Our Impact

We have perfected our approach under four banners. Our publications and research support these initiatives.

First, we are leaders in sex and gender analysis+, along with fostering the development of sex and gender science. We explain, train and give ‘how to’ advice on doing sex and gender-based analyses and developing sensitive research methods. This approach is required across many governments and programs and is often a criterion for funding and reporting. It requires that you know the evidence on if/how sex and gender matter to your mission and that you incorporate such evidence into your proposal, program or policy. SGBA+ is a process, not a snapshot, and we provide analyses, as well as training on how to make it work for you.

Second, we care about equity, diversity and inclusion. We create and devise tools for doing equity analyses and training on how to apply them. Do all of your initiatives, or campaigns, or programs affect everyone the same way? Do your staff engage with anti-oppressive training, anti-racist training? Do your processes reflect your commitments and meet stakeholder needs? We work with you and your team to figure out how equity can be improved among your own staff, in your work processes, as you go about your business. We always integrate SGBA+EDI together, as one without the other is usually insufficient.

Third, we explain, train and give ‘how to’ advice on doing gender transformative work. This approach is applicable to any project, team, any type of organization and any mission. It combines two goals in your work: improving gender equity along with your mission. For example, if your aiming to reduce interpersonal violence or HIV transmission, improve health labels or regulate prescribing practices, provide care, emergency management, or do responsible mining or poverty reduction, it pays to combine your goal with gender equity improvements.

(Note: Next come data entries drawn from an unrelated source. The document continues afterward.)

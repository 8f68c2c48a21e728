// What the reactions of a start callback have led to so far, while their messages are staged.

ghost use Rattle.std.specs.Prelude.{◌≡◌, ◌++◌, ◌≤◌, ◌+◌, length, OnOk, true};
ghost use Rattle.nk_base.specs.Status.{is_failure};
ghost use Rattle.nk_plan.specs.Accepted.{IsGoodReaction};
ghost use Rattle.nk_plan.specs.declared.plan.Reaction.TheVariants as reaction;
ghost use Rattle.nk_child.specs.Reactions.{reaction_sends, suspended_by, failed_by, sends_left};

use nk_base::{Memory, Out, Status, UpMsg};
use nk_plan::Reaction;

/// How a channel stands while the reactions of a start are staged.
#[derive(Drop)]
pub(crate) struct Standing {
    /// The channel is suspended: no further suspend is sent.
    pub(crate) suspended: bool,
    /// The channel has failed: no further cancel is sent.
    pub(crate) failed: bool,
}

impl Standing {
    /// Stages what this reaction sends.
    pub(crate) fn stage<U: Out<UpMsg>>(&mut self, r: Reaction, up: &mut U) -> Result<(), Memory>
        requires good { IsGoodReaction r }
        requires left { sends_left self.old.suspended self.old.failed ≤ U.room up.old }
        ensures staged { OnOk result (U.staged up.new ≡ U.staged up.old ++ reaction_sends self.old.suspended self.old.failed r) }
        ensures suspended { OnOk result (self.new.suspended ≡ suspended_by self.old.suspended r) }
        ensures failed { OnOk result (self.new.failed ≡ failed_by self.old.failed r) }
        ensures left { OnOk result (sends_left self.new.suspended self.new.failed ≤ U.room up.new) }
        ensures held { U.held up.new ≡ U.held up.old }
        ensures room { U.room up.new + length (U.staged up.new) ≡ U.room up.old + length (U.staged up.old) }
    {
        match r {
            Reaction::StartRetarget(_) => Ok(()),
            Reaction::StartSuspend => self.stage_suspend(up),
            Reaction::StartCancel(status) => self.stage_cancel(status, up),
            Reaction::StartFail(status) => self.stage_cancel(status, up),
            Reaction::BytesFail { .. } => Ok(()),
        }
    }

    fn stage_suspend<U: Out<UpMsg>>(&mut self, up: &mut U) -> Result<(), Memory>
        requires left { sends_left self.old.suspended self.old.failed ≤ U.room up.old }
        ensures staged { OnOk result (U.staged up.new ≡ U.staged up.old ++ reaction_sends self.old.suspended self.old.failed reaction.StartSuspend) }
        ensures standing { OnOk result ((self.new.suspended ≡ true) × (self.new.failed ≡ self.old.failed)) }
        ensures left { OnOk result (sends_left self.new.suspended self.new.failed ≤ U.room up.new) }
        ensures held { U.held up.new ≡ U.held up.old }
        ensures room { U.room up.new + length (U.staged up.new) ≡ U.room up.old + length (U.staged up.old) }
    {
        if self.suspended {
            return Ok(());
        }
        up.stage(UpMsg::Suspend)?;
        self.suspended = true;
        Ok(())
    }

    fn stage_cancel<U: Out<UpMsg>>(&mut self, status: Status, up: &mut U) -> Result<(), Memory>
        requires failure { is_failure status ≡ true }
        requires left { sends_left self.old.suspended self.old.failed ≤ U.room up.old }
        ensures staged { OnOk result (U.staged up.new ≡ U.staged up.old ++ reaction_sends self.old.suspended self.old.failed (reaction.StartCancel status)) }
        ensures standing { OnOk result ((self.new.suspended ≡ self.old.suspended) × (self.new.failed ≡ true)) }
        ensures left { OnOk result (sends_left self.new.suspended self.new.failed ≤ U.room up.new) }
        ensures held { U.held up.new ≡ U.held up.old }
        ensures room { U.room up.new + length (U.staged up.new) ≡ U.room up.old + length (U.staged up.old) }
    {
        if self.failed {
            return Ok(());
        }
        up.stage(UpMsg::Cancel { status })?;
        self.failed = true;
        Ok(())
    }
}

Fourth, we are pioneers in trauma-informed practice. If your mission is to provide services, do research, or create products in health, city government, social enterprise, or any other human endeavour, it pays to be trauma informed. This means that you assume most people have experienced some form of trauma, such as early childhood adversity, grief, accidents, violence, or have experienced war, terrorism or refugee experiences and create your programming so that everyone feels safe and secure and has choices. We explain, train and give ‘how to’ advice on creating and auditing for, universal, trauma informed practices.

Together, these approaches all serve you, your organization, and your clients or populations better. They all take key characteristics into account and raise the bar for your team or organization. Leadership is made of this.